▶ **Excerpts from a dataset**:
---

//! Modules: the preamble, and sections one after another.
ghost use Rattle.std.specs.Prelude.{◌≡◌, ◌+◌, ◌<◌, ◌^◌, ℕ, List, ◌∷◌, length, IfOk, IfErr, MatchResult, OnOk};
ghost use Rattle.wasm_code.specs.Code.{BeginsWith};
ghost use Rattle.wasm_sections.specs.Id.{id_code};
ghost use Rattle.wasm_sections.specs.Section.{SpellsModule, preamble};
ghost use Rattle.wasm_sections.specs.Sections.{IsSectionFault, FailsSection};
ghost use Rattle.wasm_sections.specs.Reader.{size_fault_of, IsCounted, FailsCounted, IsAllowed, IsForbidden, IsAccepted};
ghost use Rattle.wasm_sections.specs.declared.section.Section.{Section};
ghost use Rattle.wasm_sections.specs.declared.fault.ModuleFault.TheVariants.{Memory};

use crate::fault::{ModuleError, ModuleFault};
use crate::id::SectionId;
use crate::linking::is_linkable;
use crate::section::{PREAMBLE, Section};
use std::alloc::Global;
use wasm_code::{Cause, byte_of, u32_of};

/// `\0asm`.
const MAGIC: [u8; 4] = [0x00, 0x61, 0x73, 0x6d];

fn kind(cause: Cause) -> ModuleFault
    ensures { result ≡ size_fault_of cause }
{
    match cause {
        Cause::BadInteger => ModuleFault::BadInteger,
        Cause::Truncated | Cause::UnknownOpcode | Cause::BadImmediate => ModuleFault::Truncated,
    }
}

fn check_preamble(bytes: &[u8]) -> Result<(), ModuleError>
    ensures ok { OnOk result (BeginsWith bytes.now preamble) }
    ensures fault { IfErr result (λ e. IsSectionFault bytes.now e.kind e.offset) }
{
    if !bytes.starts_with(&MAGIC) {
        return Err(ModuleError {
            kind: ModuleFault::BadMagic,
            offset: 0,
        });
    }
    if !bytes.starts_with(&PREAMBLE) {
        return Err(ModuleError {
            kind: ModuleFault::BadVersion,
            offset: MAGIC.len(),
        });
    }
    Ok(())
}

/// The id that begins the bytes, and what follows it.
fn id_of(bytes: &[u8]) -> Result<(SectionId, &[u8]), ModuleFault>
    requires { 0 < length bytes.now }
    ensures found { IfOk result (λ x. bytes.now ≡ id_code x.0 ∷ x.1.now) }
    ensures fault { IfErr result (λ fault. (last : ℕ) → FailsSection fault last bytes.now) }
{
    match byte_of(bytes) {
        Ok((first, rest)) => match SectionId::from_byte(first) {
            Some(id) => Ok((id, rest)),
            None => Err(ModuleFault::UnknownSection),
        },
        Err(_) => Err(ModuleFault::Truncated),
    }
}

/// The contents of the section whose size begins the bytes, and what follows it.
fn contents_of(bytes: &[u8]) -> Result<(&[u8], &[u8]), ModuleFault>
    ensures found { IfOk result (λ x. IsCounted x.0.now x.1.now bytes.now) }
    ensures fault { IfErr result (λ fault. FailsCounted fault bytes.now) }
{
    match u32_of(bytes) {
        Ok((size, rest)) => match rest.split_at_checked(size as usize) {
            Some(parts) => Ok(parts),
            None => Err(ModuleFault::Truncated),
        },
        Err(cause) => Err(kind(cause)),
    }
}

/// Whether such a section may stand behind one of the rank `last`.
fn check_allowed(last: u8, id: SectionId, contents: &[u8]) -> Result<(), ModuleFault>
    ensures ok { OnOk result (IsAllowed last id contents.now) }
    ensures fault { IfErr result (λ fault. IsForbidden fault last id contents.now) }
{
    match id {
        SectionId::Custom => {
            if is_linkable(contents) {
                Err(ModuleFault::Linkable)
            } else {
                Ok(())
            }
        }
        _ => {
            if id.rank() <= last {
                Err(ModuleFault::OutOfOrder)
            } else {
                Ok(())
            }
        }
    }
}

/// The section that begins the bytes, of which the first has the offset `start`, and what follows it.
fn next_section(last: u8, start: usize, bytes: &[u8]) -> Result<(Section, &[u8]), ModuleFault>
    requires some { 0 < length bytes.now }
    requires fits { start + length bytes.now < 2 ^ 64 }
    ensures found { IfOk result (λ x. IsAccepted last start bytes.now x.0 x.1.now) }
    ensures fault { IfErr result (λ fault. FailsSection fault last bytes.now) }
{
    let (id, rest) = id_of(bytes)?;
    let (contents, after) = contents_of(rest)?;
    check_allowed(last, id, contents)?;
    let end = start + (bytes.len() - after.len());
    let section = Section {
        id,
        start,
        contents: end - contents.len(),
        end,
    };
    Ok((section, after))
}

/// The sections of a module, one after another.
fn sections_of(alloc: Global, bytes: &[u8]) -> Result<Vec<Section>, ModuleError>
    ensures found { IfOk result (λ v. SpellsModule bytes.now v.items) }
    ensures fault { IfErr result (λ e. IsSectionFault bytes.now e.kind e.offset) }
{
    check_preamble(bytes)?;
    let mut found = Vec::new(alloc);
    let mut last: u8 = 0;
    let mut rest = &bytes[PREAMBLE.len()..];
    while !rest.is_empty() {
        let start = bytes.len() - rest.len();
        match next_section(last, start, rest) {
            Ok((section, after)) => {
                last = last.max(section.id.rank());
                if found.push(section).is_err() {
                    return Err(ModuleError {
                        kind: ModuleFault::Memory,
                        offset: 0,
                    });
                }
                rest = after;
            }
            Err(kind) => return Err(ModuleError {
                kind,
                offset: start,
            }),
        }
    }
    Ok(found)
}

/// Reads the sections of the module that the bytes are, in their order, each with the offsets of its parts.
///
/// It accepts exactly the bytes that are the preamble and whole sections, of which those that aren't custom stand in the order
/// of the standard, each at most once (WebAssembly Core Specification 3.0, Binary Format, Modules), and none of which is a
/// custom section `linking` or `reloc.*`, which would make the module a linkable object. What the sections contain isn't read.
///
/// An error names the first fault from the left: `BadMagic` at 0 where the bytes don't begin with `\0asm`; `BadVersion` at 4
/// where the version 1 doesn't follow; and at the start of the first section at fault `UnknownSection` where its first byte is
/// no id, `Truncated` where the bytes end inside it, `BadInteger` where its size is no number of 32 bits, `OutOfOrder` where
/// it has to stand before one that it follows, or is there twice, and `Linkable`; `Memory` at 0 where no memory was left.
pub fn read_sections(alloc: Global, bytes: &[u8]) -> Result<Vec<Section>, ModuleError>
    // What is read is spelled so.
    ensures found { IfOk result (λ v. SpellsModule bytes.now v.items) }
    // What is spelled so is read, unless memory runs out.
    ensures only { (xs : List Section) → SpellsModule bytes.now xs
        → MatchResult result (λ v. v.items ≡ xs) (λ e. e.kind ≡ Memory) }
    // What doesn't come from memory is the first fault.
    ensures fault { IfErr result (λ e. IsSectionFault bytes.now e.kind e.offset) }
{
    sections_of(alloc, bytes)
}
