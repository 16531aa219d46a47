//! Names of functions.
ghost use Rattle.std.specs.Prelude.{◌≡◌, ℕ, List, IfSome, MatchOption};
ghost use Rattle.wasm_sections.specs.Section.{SpellsModule};
ghost use Rattle.wasm_sections.specs.Names.{HasSubsection, HasName, ListsName, NamesFunction};

use crate::custom::name_section;
use crate::name_reading::{naming_of, subsection_of};
use crate::section::Section;
use wasm_code::u32_of;

/// The id of the subsection that has the names of functions.
const FUNCTIONS: u8 = 1;

/// The contents of the first subsection that has the id.
fn subsection_with(subsections: &[u8], id: u8) -> Option<&[u8]>
    ensures found { IfSome result (λ contents. HasSubsection subsections.now id contents.now) }
    ensures only { (contents : List ℕ) → HasSubsection subsections.now id contents
        → MatchOption result ⊥ (λ found. found.now ≡ contents) }
{
    let mut rest = subsections;
    while let Ok((found, contents, behind)) = subsection_of(rest) {
        if found == id {
            return Some(contents);
        }
        rest = behind;
    }
    None
}

/// The first name for the index, among so many.
fn name_among(count: u32, bytes: &[u8], index: u32) -> Option<&str>
    ensures found { IfSome result (λ name. HasName index count bytes.now name.now) }
    ensures only { (name : List ℕ) → HasName index count bytes.now name
        → MatchOption result ⊥ (λ found. found.now ≡ name) }
{
    let mut rest = bytes;
    for _ in 0..count {
        match naming_of(rest) {
            Ok((function, name, behind)) => {
                if function == index {
                    return Some(name);
                }
                rest = behind;
            }
            Err(_) => return None,
        }
    }
    None
}

/// The first name for the index, in a list of names.
fn listed_name(contents: &[u8], index: u32) -> Option<&str>
    ensures found { IfSome result (λ name. ListsName index contents.now name.now) }
    ensures only { (name : List ℕ) → ListsName index contents.now name
        → MatchOption result ⊥ (λ found. found.now ≡ name) }
{
    match u32_of(contents) {
        Ok((count, rest)) => name_among(count, rest, index),
        Err(_) => None,
    }
}

/// The name of the function with the index, as the name section of the module has it (WebAssembly Core Specification 3.0,
/// Appendix, Custom Sections, Name Section); the sections are those of the module.
///
/// The name is looked for in the first custom section `name`, there in the first subsection with names of functions, and there
/// it is the first name for the index. Where one of these isn't there, or is malformed up to the end of the name, the function
/// has no name: a custom section makes no module malformed. What stands behind the name isn't read.
pub fn function_name<'a>(bytes: &'a [u8], sections: &[Section], index: u32) -> Option<&'a str>
    requires { SpellsModule bytes.now sections.now }
    // What is found is the function's name.
    ensures found { IfSome result (λ name.
        NamesFunction bytes.now sections.now index name.now) }
    // A name that the function has is found.
    ensures only { (name : List ℕ) → NamesFunction bytes.now sections.now index name
        → MatchOption result ⊥ (λ found. found.now ≡ name) }
{
    let subsections = name_section(bytes, sections)?;
    let contents = subsection_with(subsections, FUNCTIONS)?;
    listed_name(contents, index)
}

---

Line tally for "length": say how many lines of the records above contain it, and give nothing but the number.

4